(WORK REQUIRED): When a line in the listing below contains the word "Whether", return a copy of that line.

*** RECORDS PROVIDED ***

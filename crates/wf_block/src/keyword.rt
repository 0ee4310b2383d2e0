//! Keywords: words that are compared without regard to letter case.
ghost use Rattle.std.specs.Prelude.{◌≡◌};
ghost use Rattle.std.specs.Str.{str_eq_ignore_ascii_case};
ghost use Rattle.wf_block.specs.Grammar.{is_end};

/// Whether a text is this name, without regard to ASCII letter case.
#[tactic(auto, using(crate::proofs::Blocks::tested))]
pub fn is_name(text: &[u8], name: &str) -> bool
    ensures { result ≡ str_eq_ignore_ascii_case text.now name.now }
{
    text.eq_ignore_ascii_case(name.as_bytes())
}

/// Whether a word is END, which closes a block.
#[tactic(auto, unfolding(crate::specs::Grammar::is_end))]
pub fn is_end(word: &[u8]) -> bool
    ensures { result ≡ is_end word.now }
{
    is_name(word, "END")
}
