//! Requests of clients to nodes of a farm, and their answers.

ghost use Rattle.std.specs.Prelude.{◌≡◌, IfOk, IfErr, OnOk};
ghost use Rattle.std.specs.String.{string_bytes};
ghost use Rattle.wf_farm.specs.ClientAnswers.{NodeAnswers, sequence_at};
ghost use Rattle.wf_play.specs.Comparison.{Compares, IsTrueWhereOne, IsUncompared, is_same_answer, is_same_kind};
ghost use Rattle.wf_play.specs.Report.{IsAppended, IsOfAnswer, IsOneAppended, IsReportedAbsent, ReportsAnswer, ReportsEqual, exception_line, kind_line, number_of};

use crate::answer::write_no_node;
use crate::session::Session;
use std::alloc::{AllocError, Global};
use std::fmt::Write;
use wf_farm::{Farm, FarmFault};
use wf_wms::{Answer, Exception, Kind};

impl<'s> Session<'s> {
    /// What the node answers to the query: its kind, and how many bytes it has.
    pub(crate) fn write_answer(
        &self,
        alloc: Global,
        number: usize,
        query: &[u8],
        out: &mut String,
    ) -> Result<(), AllocError>
        ensures { OnOk result
            (IsOneAppended (ReportsAnswer self.now.farm number query.now) out.old out.new) }
    {
        write_answer(alloc, &self.farm, number, query, out)
    }

    /// Whether the two nodes answer the query equally.
    #[tactic(auto, using(crate::proofs::Report::of_comparison))]
    pub(crate) fn write_equal(
        &self,
        alloc: Global,
        first: usize,
        second: usize,
        query: &[u8],
        out: &mut String,
    ) -> Result<(), AllocError>
        ensures { OnOk result
            (IsOneAppended (ReportsEqual self.now.farm first second query.now) out.old out.new) }
    {
        match self.equal(alloc, first, second, query) {
            Ok(true) => out.push_str("equal\n"),
            Ok(false) => out.push_str("differ\n"),
            Err(fault) => write_no_answer(fault, out),
        }
    }

    /// Do the two nodes answer the query of a request (OGC 06-042) with the same bytes, of one kind
    /// and one media type? They do where both are at one sequence, and where the query asks both
    /// for one map, by the contract of [`wf_farm::Farm::answers_agree`]. Returns F2 where one of
    /// them is absent or stopped, and F1 with 0 where an allocation failed.
    pub fn equal(
        &self,
        alloc: Global,
        first: usize,
        second: usize,
        query: &[u8],
    ) -> Result<bool, FarmFault>
        ensures test { IfOk result (λ equal. Compares self.now.farm first second query.now equal) }
        ensures theorem { IfOk result
            (λ equal. IsTrueWhereOne self.now.farm first second query.now equal) }
        ensures fault { IfErr result (λ fault. IsUncompared self.now.farm first second fault) }
    {
        compare_nodes(alloc, &self.farm, first, second, query)
    }
}

/// Do the two nodes answer the query equally?
fn compare_nodes(
    alloc: Global,
    farm: &Farm,
    first: usize,
    second: usize,
    query: &[u8],
) -> Result<bool, FarmFault>
    ensures test { IfOk result (λ equal. Compares farm.now first second query.now equal) }
    ensures theorem { IfOk result (λ equal. IsTrueWhereOne farm.now first second query.now equal) }
    ensures fault { IfErr result (λ fault. IsUncompared farm.now first second fault) }
{
    match farm.answer(alloc, first, query) {
        Ok(answer) => {
            let equal = compare_with(alloc, farm, first, second, query, &answer);
            drop(answer);
            equal
        }
        Err(fault) => Err(fault),
    }
}

/// Does the second node answer the query as the first one did?
fn compare_with(
    alloc: Global,
    farm: &Farm,
    first: usize,
    second: usize,
    query: &[u8],
    answer: &Answer,
) -> Result<bool, FarmFault>
    requires { NodeAnswers farm.now first (sequence_at farm.now first) query.now answer.now }
    ensures test { IfOk result (λ equal. Compares farm.now first second query.now equal) }
    ensures theorem { IfOk result (λ equal. IsTrueWhereOne farm.now first second query.now equal) }
    ensures fault { IfErr result (λ fault. IsUncompared farm.now first second fault) }
{
    match farm.answer(alloc, second, query) {
        Ok(another) => {
            let equal = compare(farm, first, second, query, answer, &another);
            drop(another);
            Ok(equal)
        }
        Err(fault) => Err(fault),
    }
}

/// Are these two answers to the query, the first node's and the second's, equal?
fn compare(
    farm: &Farm,
    first: usize,
    second: usize,
    query: &[u8],
    answer: &Answer,
    another: &Answer,
) -> bool
    requires first { NodeAnswers farm.now first (sequence_at farm.now first) query.now answer.now }
    requires second { NodeAnswers farm.now second
        (sequence_at farm.now second) query.now another.now }
    ensures test { Compares farm.now first second query.now result }
    ensures theorem { IsTrueWhereOne farm.now first second query.now result }
{
    // Theorem: nodes at one sequence, or asked for one map, have one answer to a query.
    farm.answers_agree();
    is_same_answer(answer, another)
}

/// Are the answers equal, in their kind, their media type and their bytes?
#[tactic(auto, unfolding(crate::specs::Comparison::is_same_answer))]
fn is_same_answer(answer: &Answer, another: &Answer) -> bool
    ensures { result ≡ is_same_answer answer.now another.now }
{
    is_same_kind(answer.kind, another.kind)
        && answer.media == another.media
        && answer.bytes.as_slice() == another.bytes.as_slice()
}

#[tactic(auto, unfolding(crate::specs::Comparison::is_same_kind))]
fn is_same_kind(kind: Kind, other: Kind) -> bool
    ensures { result ≡ is_same_kind kind other }
{
    kind == other
}

/// What the node answers to the query.
#[tactic(auto, using(crate::proofs::Report::no_answer_reported, crate::proofs::Report::of_answer))]
fn write_answer(
    alloc: Global,
    farm: &Farm,
    number: usize,
    query: &[u8],
    out: &mut String,
) -> Result<(), AllocError>
    ensures { OnOk result (IsOneAppended
        (ReportsAnswer farm.now number query.now) out.old out.new) }
{
    match farm.answer(alloc, number, query) {
        Ok(answer) => {
            let reported = write_kind(number, answer.kind, answer.bytes.len(), out);
            drop(answer);
            reported
        }
        Err(fault) => write_no_answer(fault, out),
    }
}

/// The line about an answer of `size` bytes.
fn write_kind(number: usize, kind: Kind, size: usize, out: &mut String) -> Result<(), AllocError>
    ensures { OnOk result (IsAppended (kind_line number kind size) out.old out.new) }
{
    match kind {
        Kind::Capabilities => writeln!(out, "get {number} capabilities {size}"),
        Kind::Map => writeln!(out, "get {number} map {size}"),
        Kind::Exception(exception) => write_exception(number, exception, size, out),
    }
}

fn write_exception(
    number: usize,
    exception: Exception,
    size: usize,
    out: &mut String,
) -> Result<(), AllocError>
    ensures { OnOk result (IsAppended (exception_line number exception size) out.old out.new) }
{
    let code = number_of(exception);
    writeln!(out, "get {number} exception E{code} {size}")
}

/// Appends that there is no such node, or returns the allocation failure.
fn write_no_answer(fault: FarmFault, out: &mut String) -> Result<(), AllocError>
    requires { IsOfAnswer fault }
    ensures { OnOk result (IsReportedAbsent fault (string_bytes out.old) (string_bytes out.new)) }
{
    match fault {
        FarmFault::NoNode => write_no_node(out),
        FarmFault::Memory(_) => Err(AllocError),
        FarmFault::Carried(_) => unreachable!(),
    }
}

/// The number of an exception, 1 to 10.
fn number_of(exception: Exception) -> u8
    ensures { result ≡ number_of exception }
{
    match exception {
        Exception::MissingParameter(_) => 1,
        Exception::BadValue(_) => 2,
        Exception::LayerNotDefined(_) => 3,
        Exception::StyleNotDefined(_) => 4,
        Exception::InvalidCrs => 5,
        Exception::InvalidFormat => 6,
        Exception::CurrentUpdateSequence => 7,
        Exception::InvalidUpdateSequence => 8,
        Exception::OperationNotSupported => 9,
        Exception::MapNotPublished => 10,
    }
}
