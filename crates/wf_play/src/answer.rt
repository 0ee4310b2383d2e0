//! Questions about a farm, and their answers.

ghost use Rattle.wf_script.specs.Script.{name_of};
ghost use Rattle.std.specs.Prelude.{◌≡◌, OnOk, codes, length, option_copied};
ghost use Rattle.wf_learner.specs.History.{map_at};
ghost use Rattle.wf_play.specs.Session.{node_at};
ghost use Rattle.wf_play.specs.Report.{IsAppended, definition_line, no_node, proposal_line, published_line, published_word, sent_line, proposal_state_words};

use crate::session::Session;
use std::alloc::AllocError;
use std::fmt::Write;
use wf_ballot::{Seq, Slot};
use wf_canon::Canon;
use wf_def::MapDef;
use wf_farm::Farm;
use wf_node::Node;
use wf_proposer::ProposalState;
use wf_script::{FarmQuestion, Script};
use wf_tape::MemoryTape;

impl<'s> Session<'s> {
    ghost use Rattle.std.specs.Prelude.{◌≤◌, false, None, IfSome};
    ghost use Rattle.wf_ballot.specs.Sequence.{last_sequence};
    ghost use Rattle.wf_play.specs.Session.{IsPublishedInFarm};
    ghost use Rattle.wf_play.specs.Report.{answer_text};

    /// Appends the answer, one line.
    pub(crate) fn answer(&self, question: FarmQuestion, out: &mut String) -> Result<(), AllocError>
        ensures { OnOk result
            (IsAppended (answer_text self.now.script question self.now.farm) out.old out.new) }
    {
        match question {
            FarmQuestion::Published => write_published(&self.farm, out),
            FarmQuestion::Sent => write_sent(&self.farm, out),
            FarmQuestion::Proposal(node) => write_proposal(&self.farm, node, out),
            FarmQuestion::Definition(node, sequence) => {
                write_definition(self.script, &self.farm, node, sequence, out)
            }
            FarmQuestion::Same => self.write_same(out),
        }
    }

    fn write_same(&self, out: &mut String) -> Result<(), AllocError>
        ensures { OnOk result (IsAppended (codes "same\n") out.old out.new) }
    {
        match self.differ() {
            Some(slot) => {
                let number = slot.number();
                writeln!(out, "differ {number}")
            }
            None => out.push_str("same\n"),
        }
    }

    /// The least sequence under which two running nodes publish different maps. It is always None,
    /// by the contract of [`wf_farm::Farm::agree`].
    pub fn differ(&self) -> Option<Slot>
        ensures { result ≡ None }
    {
        for before in 0..self.highest() {
            if let Some(slot) = Slot::new(before + 1) {
                if self.differs(slot) {
                    return Some(slot);
                }
            }
        }
        None
    }

    /// The highest sequence that a running node published.
    fn highest(&self) -> u16
        ensures { result ≤ last_sequence }
    {
        let mut highest = 0;
        for number in 0..self.farm.size() {
            if let Some(node) = self.farm.node(number) {
                highest = node.published().number().max(highest);
            }
        }
        highest
    }

    /// Do two running nodes publish different maps at this slot?
    fn differs(&self, slot: Slot) -> bool
        ensures { result ≡ false }
    {
        match self.first_published(slot) {
            Some(known) => self.some_publish_another(slot, known),
            None => false,
        }
    }

    /// The map at this slot on the first running node that has published it.
    fn first_published(&self, slot: Slot) -> Option<&Canon>
        ensures { IfSome result (λ canon. IsPublishedInFarm self.now.farm slot canon.now) }
    {
        for number in 0..self.farm.size() {
            if let Some(canon) = self.published_by(number, slot) {
                return Some(canon);
            }
        }
        None
    }

    /// Does a running node publish a map at this slot that differs from this one, which some node
    /// publishes?
    fn some_publish_another(&self, slot: Slot, known: &Canon) -> bool
        requires { IsPublishedInFarm self.now.farm slot known.now }
        ensures { result ≡ false }
    {
        for number in 0..self.farm.size() {
            if let Some(canon) = self.published_by(number, slot) {
                if self.are_unequal(slot, known, canon) {
                    return true;
                }
            }
        }
        false
    }

    /// Are these two maps, both published at this slot, different?
    fn are_unequal(&self, slot: Slot, known: &Canon, canon: &Canon) -> bool
        requires known { IsPublishedInFarm self.now.farm slot known.now }
        requires canon { IsPublishedInFarm self.now.farm slot canon.now }
        ensures { result ≡ false }
    {
        // Theorem: only one map is published under one sequence.
        self.farm.agree();
        known.text() != canon.text()
    }

    /// The map that the node publishes at this slot, if it runs.
    fn published_by(&self, number: usize, slot: Slot) -> Option<&Canon>
        ensures { IfSome result (λ canon. IsPublishedInFarm self.now.farm slot canon.now) }
    {
        match self.farm.node(number) {
            Some(node) => node.history().canon(slot),
            None => None,
        }
    }
}

/// Each node's last published sequence, `-` for a stopped one.
fn write_published(farm: &Farm, out: &mut String) -> Result<(), AllocError>
    ensures { OnOk result (IsAppended (published_line farm.now.hosts) out.old out.new) }
{
    out.push_str("published")?;
    for number in 0..farm.size() {
        write_published_by(farm, number, out)?;
    }
    out.push_str("\n")
}

fn write_published_by(farm: &Farm, number: usize, out: &mut String) -> Result<(), AllocError>
    ensures { OnOk result (IsAppended (published_word (node_at farm.now number)) out.old out.new) }
{
    match farm.node(number) {
        Some(node) => {
            let published = node.published().number();
            write!(out, " {published}")
        }
        None => out.push_str(" -"),
    }
}

fn write_sent(farm: &Farm, out: &mut String) -> Result<(), AllocError>
    ensures { OnOk result (IsAppended (sent_line (length farm.now.sent)) out.old out.new) }
{
    let count = farm.sent_count();
    writeln!(out, "sent {count}")
}

fn write_proposal(farm: &Farm, number: usize, out: &mut String) -> Result<(), AllocError>
    ensures { OnOk result
        (IsAppended (proposal_line number (node_at farm.now number)) out.old out.new) }
{
    let Some(node) = farm.node(number) else {
        return write_no_node(out);
    };
    write!(out, "proposal {number} ")?;
    write_proposal_state(node.proposal(), out)
}

fn write_proposal_state(proposal_state: ProposalState, out: &mut String) -> Result<(), AllocError>
    ensures { OnOk result (IsAppended (proposal_state_words proposal_state) out.old out.new) }
{
    match proposal_state {
        ProposalState::None => out.push_str("none\n"),
        ProposalState::Running => out.push_str("running\n"),
        ProposalState::Published(slot) => {
            let number = slot.number();
            writeln!(out, "published {number}")
        }
        ProposalState::Overtaken(slot) => {
            let number = slot.number();
            writeln!(out, "overtaken {number}")
        }
    }
}

/// The name of the first equal map; `?` where there is none, or where the node hasn't published the
/// sequence.
fn write_definition(
    script: &Script,
    farm: &Farm,
    number: usize,
    sequence: usize,
    out: &mut String,
) -> Result<(), AllocError>
    ensures { OnOk result (IsAppended
        (definition_line script.now number sequence (node_at farm.now number)) out.old out.new) }
{
    let Some(node) = farm.node(number) else {
        return write_no_node(out);
    };
    let name = name_at(script, node, sequence);
    writeln!(out, "definition {number} {sequence} {name}")
}

/// The name of the map that the node publishes at the sequence, `?` where the script doesn't have
/// it.
fn name_at<'s>(script: &'s Script, node: &Node<MemoryTape>, sequence: usize) -> &'s str
    ensures { result.now ≡ name_of script.now (map_at node.now.parts.history sequence) }
{
    match published_at(node, sequence) {
        Some(map) => script.name_of(map),
        None => "?",
    }
}

/// The map that the node publishes at the sequence.
#[tactic(auto, using(crate::proofs::Report::unpublished))]
fn published_at<'n>(node: &'n Node<MemoryTape>, sequence: usize) -> Option<&'n MapDef>
    ensures { option_copied result ≡ map_at node.now.parts.history sequence }
{
    if sequence > node.published().number() as usize {
        return None;
    }
    node.definition(Seq::new(sequence as u16)?)
}

pub(crate) fn write_no_node(out: &mut String) -> Result<(), AllocError>
    ensures { OnOk result (IsAppended no_node out.old out.new) }
{
    out.push_str("no node\n")
}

*** End of RECORDS PROVIDED ***

(EXERCISE OUTPUT):
/// Whether a text is this name, without regard to ASCII letter case.
/// Whether a word is END, which closes a block.
    /// Whether the two nodes answer the query equally.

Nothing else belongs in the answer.